• [WHAT TO WORK ON]:
Each line below that includes the word "most" is to be reported.

• [Recorded data]:
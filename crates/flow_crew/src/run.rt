//! A network is run by a crew, round by round: it is scattered, the crew turns its tasks, and it is gathered.
ghost use Rattle.std.specs.Prelude.{◌≡◌, ◌↔◌, ◌<◌, ◌≤◌, true, length, IfOk, IfErr, IfSome};
ghost use Rattle.flow_lawful.specs.Lawful.{Lawful};
ghost use Rattle.flow_lawful.specs.Quiet.{Quiet};
ghost use Rattle.flow_core.specs.AtRest.{AtRest};
ghost use Rattle.flow_core.specs.Inputs.{none_posted};
ghost use Rattle.flow_net.specs.Net.{NetIsStill, layout_in, parts_of, run_of};
ghost use Rattle.flow_net.specs.declared.settled.Settled.TheVariants as settled;
ghost use Rattle.flow_board.specs.Parts.{AllTasksOf};
ghost use Rattle.flow_crew.specs.Rounds.{ComeBack};
ghost use Rattle.flow_crew.specs.Runs.{IsGatheredOf, IsLeft, IsLeftOf, MayBeGathered, RunsOn};

use crate::round::turn_for;
use crate::shift::{Hours, Shift};
use flow_board::{Board, Gate, GatherFault, Parts, Task, gather, scatter};
use flow_link::{LinkId, Move, Phase};
use flow_net::{Event, Net, NetFault, Settled};
use flow_value::Runs;
use std::alloc::{AllocError, Global};
use std::sync::Wait;
use std::thread::Threads;
use std::time::Clock;

/// Why a network is not run on, with what there is of it.
#[derive(Drop)]
pub enum RunFault<W: Runs> {
    /// Message ids are used up.
    Ids(Net<W>),
    /// Memory is out.
    Net(Net<W>),
    /// Memory is out where these parts of the network are to be put together. They are all there, and `gather` may do that later.
    Parts(Parts<W>),
}

/// Runs a network on so many threads, 1 to 64, until nothing may happen any more, or as many events are done as the limit. Inputs that
/// stay open and exits do what the network does for them by itself; no call is made there, and nothing is received.
///
/// A round scatters the network, has the threads turn its tasks, and gathers it. It costs the threads, and as much as the network has
/// blocks and links. A block that has several lanes works on as many messages at a time, on whichever threads turn its lanes; any other
/// works in its own turns, one message at a time. Each job goes through the gate.
///
/// Errors: message ids or memory are used up. Whatever was done until then stays done, and comes back.
///
/// It waits for its threads.
pub fn run_workers<W: Runs + Send + Sync, R: Threads + Wait + Clock + Sync, G: Gate + Sync>(
    rt: &R,
    alloc: Global,
    net: Net<W>,
    workers: usize,
    gate: &G,
    limit: u64,
) -> Result<(Net<W>, Settled), RunFault<W>>
    requires workers { (0 < workers) × (workers ≤ 64) }
    ensures runs_on { IfOk result (λ ran. RunsOn net ran.0) }
    ensures lawful { IfOk result (λ ran. Lawful (run_of W.meaning ran.0)) }
    ensures still { IfOk result (λ ran. (ran.1 ≡ settled.Quiet) ↔ NetIsStill W.meaning ran.0) }
    ensures quiet { IfOk result (λ ran. ran.1 ≡ settled.Quiet → Quiet (run_of W.meaning ran.0)) }
    ensures at_rest { IfOk result (λ ran. ran.1 ≡ settled.Quiet → AtRest (layout_in ran.0) (parts_of ran.0)) }
    ensures same_inputs { IfOk result (λ ran. none_posted (parts_of net) ≡ true →
        (run_of W.meaning ran.0).trace.inputs ≡ (run_of W.meaning net).trace.inputs) }
    ensures left { IfErr result (λ fault. IsLeft W.meaning net fault) }
{
    let hours = Hours::begin(rt, None);
    let (net, _) = run_rounds(rt, alloc, net, workers, gate, &hours, limit)?;
    let settled = how_settled(&net);
    Ok((net, settled))
}

/// The same, but it ends with the shift, too. It answers how many events may be done yet, of so many that might be: none where nothing may
/// happen any more.
///
/// A shift that ends early costs a round. One without time does one round at least.
pub fn run_shift<W: Runs + Send + Sync, R: Threads + Wait + Clock + Sync, G: Gate + Sync>(
    rt: &R,
    alloc: Global,
    net: Net<W>,
    workers: usize,
    gate: &G,
    shift: Shift,
    limit: u64,
) -> Result<(Net<W>, u64), RunFault<W>>
    requires workers { (0 < workers) × (workers ≤ 64) }
    ensures runs_on { IfOk result (λ ran. RunsOn net ran.0) }
    ensures fewer { IfOk result (λ ran. 0 < limit → ran.1 < limit) }
    ensures left { IfErr result (λ fault. IsLeft W.meaning net fault) }
{
    let hours = Hours::begin(rt, Some(shift));
    run_rounds(rt, alloc, net, workers, gate, &hours, limit)
}

/// Does rounds until nothing may happen any more, or so many events are done, or the hours are over. Answers how many may be done yet: none
/// in the first case.
fn run_rounds<W: Runs + Send + Sync, R: Threads + Wait + Clock + Sync, G: Gate + Sync>(
    rt: &R,
    alloc: Global,
    mut net: Net<W>,
    workers: usize,
    gate: &G,
    hours: &Hours,
    limit: u64,
) -> Result<(Net<W>, u64), RunFault<W>>
    requires workers { (0 < workers) × (workers ≤ 64) }
    ensures runs_on { IfOk result (λ ran. RunsOn net ran.0) }
    ensures fewer { IfOk result (λ ran. 0 < limit → ran.1 < limit) }
    ensures left { IfErr result (λ fault. IsLeft W.meaning net fault) }
{
    let mut left = limit;
    while left > 0 {
        let (next, done) = run_round(rt, alloc, net, workers, gate, hours, left)?;
        if done == 0 {
            return Ok((next, 0));
        }
        net = next;
        left -= done;
        if hours.is_over(rt, 0) {
            return Ok((net, left));
        }
    }
    Ok((net, left))
}

/// How far a network has come.
pub fn how_settled<W: Runs>(net: &Net<W>) -> Settled
    ensures still { (result ≡ settled.Quiet) ↔ NetIsStill W.meaning net.now }
    ensures quiet { result ≡ settled.Quiet → Quiet (run_of W.meaning net.now) }
    ensures at_rest { result ≡ settled.Quiet → AtRest (layout_in net.now) (parts_of net.now) }
{
    if net.is_quiet() {
        Settled::Quiet
    } else {
        Settled::Stopped
    }
}

/// Does some events, at most so many, and answers how many; none where nothing may happen any more. What is under way over links is
/// taken first, as scattering would do it. Where the tasks find nothing to do, the network takes one step by itself.
fn run_round<W: Runs + Send + Sync, R: Threads + Wait + Clock + Sync, G: Gate + Sync>(
    rt: &R,
    alloc: Global,
    mut net: Net<W>,
    workers: usize,
    gate: &G,
    hours: &Hours,
    limit: u64,
) -> Result<(Net<W>, u64), RunFault<W>>
    requires workers { (0 < workers) × (workers ≤ 64) }
    requires some { 0 < limit }
    ensures within { IfOk result (λ ran. ran.1 ≤ limit) }
    ensures runs_on { IfOk result (λ ran. RunsOn net ran.0) }
    ensures left { IfErr result (λ fault. IsLeft W.meaning net fault) }
{
    let Ok(taken) = take_home(alloc, &mut net, limit) else {
        return Err(RunFault::Net(net));
    };
    if taken > 0 {
        return Ok((net, taken));
    }
    let (net, events) = turn_all(rt, alloc, net, workers, gate, hours, limit)?;
    if events > 0 {
        return Ok((net, events));
    }
    take_step(alloc, net)
}

/// Does one event, if one may happen.
fn take_step<W: Runs>(alloc: Global, mut net: Net<W>) -> Result<(Net<W>, u64), RunFault<W>>
    ensures within { IfOk result (λ ran. ran.1 ≤ 1) }
    ensures runs_on { IfOk result (λ ran. RunsOn net ran.0) }
    ensures left { IfErr result (λ fault. IsLeft W.meaning net fault) }
{
    match net.settle(alloc, 1) {
        Ok(Settled::Quiet) => Ok((net, 0)),
        Ok(Settled::Stopped) => Ok((net, 1)),
        Err(NetFault::Ids) => Err(RunFault::Ids(net)),
        Err(NetFault::Memory) => Err(RunFault::Net(net)),
        Err(NetFault::NotEnabled) => unreachable!(),
    }
}

/// Scatters a network, has so many threads turn its tasks, for at most so many events, and gathers it.
fn turn_all<W: Runs + Send + Sync, R: Threads + Wait + Clock + Sync, G: Gate + Sync>(
    rt: &R,
    alloc: Global,
    net: Net<W>,
    workers: usize,
    gate: &G,
    hours: &Hours,
    limit: u64,
) -> Result<(Net<W>, u64), RunFault<W>>
    requires workers { (0 < workers) × (workers ≤ 64) }
    ensures within { IfOk result (λ ran. ran.1 ≤ limit) }
    ensures runs_on { IfOk result (λ ran. RunsOn net ran.0) }
    ensures left { IfErr result (λ fault. IsLeft W.meaning net fault) }
{
    match scatter(alloc, net) {
        Ok(scattered) => {
            let (parts, _) = scattered.into_parts();
            turn_and_gather(rt, alloc, parts, workers, gate, hours, limit)
        }
        Err((net, AllocError)) => Err(RunFault::Net(net)),
    }
}

/// Has so many threads turn the tasks of a board, for at most so many events, and puts the parts together.
fn turn_and_gather<W: Runs + Send + Sync, R: Threads + Wait + Clock + Sync, G: Gate + Sync>(
    rt: &R,
    alloc: Global,
    parts: Parts<W>,
    workers: usize,
    gate: &G,
    hours: &Hours,
    limit: u64,
) -> Result<(Net<W>, u64), RunFault<W>>
    requires workers { (0 < workers) × (workers ≤ 64) }
    requires parts { MayBeGathered parts }
    ensures within { IfOk result (λ ran. ran.1 ≤ limit) }
    ensures gathered { IfOk result (λ ran. IsGatheredOf parts.board ran.0) }
    ensures left { IfErr result (λ fault. IsLeftOf W.meaning parts.board fault) }
{
    let Parts {
        board,
        tasks,
        entries,
        exits,
    } = parts;
    let (tasks, events) = turn_tasks(rt, alloc, &board, tasks, workers, gate, hours, limit);
    let parts = Parts {
        board,
        tasks,
        entries,
        exits,
    };
    match gather(alloc, parts) {
        Ok(net) => match events {
            Some(events) => Ok((net, events)),
            None => Err(RunFault::Net(net)),
        },
        Err((parts, fault)) => match fault {
            GatherFault::Memory => Err(RunFault::Parts(parts)),
            // each task comes back, and entries and exits have not moved
            GatherFault::Missing(_) => unreachable!(),
        },
    }
}

/// The tasks after a crew has turned them, and how many events it did; none where memory was out.
fn turn_tasks<W: Runs + Send + Sync, R: Threads + Wait + Clock + Sync, G: Gate + Sync>(
    rt: &R,
    alloc: Global,
    board: &Board<W>,
    tasks: Vec<Task<W>>,
    workers: usize,
    gate: &G,
    hours: &Hours,
    limit: u64,
) -> (Vec<Task<W>>, Option<u64>)
    requires workers { (0 < workers) × (workers ≤ 64) }
    requires of { AllTasksOf board.now tasks.items }
    ensures back { ComeBack board.now tasks.items result.0.items }
    ensures within { IfSome result.1 (λ events. events ≤ limit) }
{
    match turn_for(rt, alloc, board, tasks, workers, gate, hours, limit) {
        Ok((tasks, events)) => (tasks, Some(events)),
        Err((tasks, AllocError)) => (tasks, None),
    }
}

/// Takes what is under way over links, by at most so many events, and answers how many.
fn take_home<W: Runs>(alloc: Global, net: &mut Net<W>, limit: u64) -> Result<u64, AllocError>
    ensures within { IfOk result (λ done. done ≤ limit) }
    ensures runs_on { RunsOn net.old net.new }
{
    let mut done = 0;
    for id in 0..net.plan().link_count() {
        done += take_over(alloc, net, id, limit - done)?;
    }
    Ok(done)
}

/// The same over one link.
fn take_over<W: Runs>(
    alloc: Global,
    net: &mut Net<W>,
    id: LinkId,
    limit: u64,
) -> Result<u64, AllocError>
    requires { id < length (layout_in net.old).links }
    ensures within { IfOk result (λ done. done ≤ limit) }
    ensures runs_on { RunsOn net.old net.new }
{
    let mut done = 0;
    while done < limit {
        let Some(next) = next_home(net.phase(id)) else {
            break;
        };
        if !go_home(alloc, net, id, next)? {
            break;
        }
        done += 1;
    }
    Ok(done)
}

/// The target's next move for a message that was given.
fn next_home(phase: Phase) -> Option<Move> {
    match phase {
        Phase::Given(_) => Some(Move::Open),
        Phase::Opened(_) => Some(Move::Close),
        Phase::Idle
        | Phase::Posted(_)
        | Phase::Offered(_)
        | Phase::Postponed(_)
        | Phase::Wanted(_)
        | Phase::Asked(_)
        | Phase::Held(_)
        | Phase::Refused
        | Phase::Ended(_) => None,
    }
}

/// An end of a link makes its move. False where it may not.
fn go_home<W: Runs>(
    alloc: Global,
    net: &mut Net<W>,
    id: LinkId,
    next: Move,
) -> Result<bool, AllocError>
    ensures runs_on { RunsOn net.old net.new }
{
    match net.event(alloc, Event::Link(id, next)) {
        Ok(_) => Ok(true),
        Err((_, NetFault::Memory)) => Err(AllocError),
        Err((_, NetFault::NotEnabled | NetFault::Ids)) => Ok(false),
    }
}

• [ANSWER BELOW]:
/// Does some events, at most so many, and answers how many; none where nothing may happen any more. What is under way over links is
/// Scatters a network, has so many threads turn its tasks, for at most so many events, and gathers it.
/// Has so many threads turn the tasks of a board, for at most so many events, and puts the parts together.
/// Takes what is under way over links, by at most so many events, and answers how many.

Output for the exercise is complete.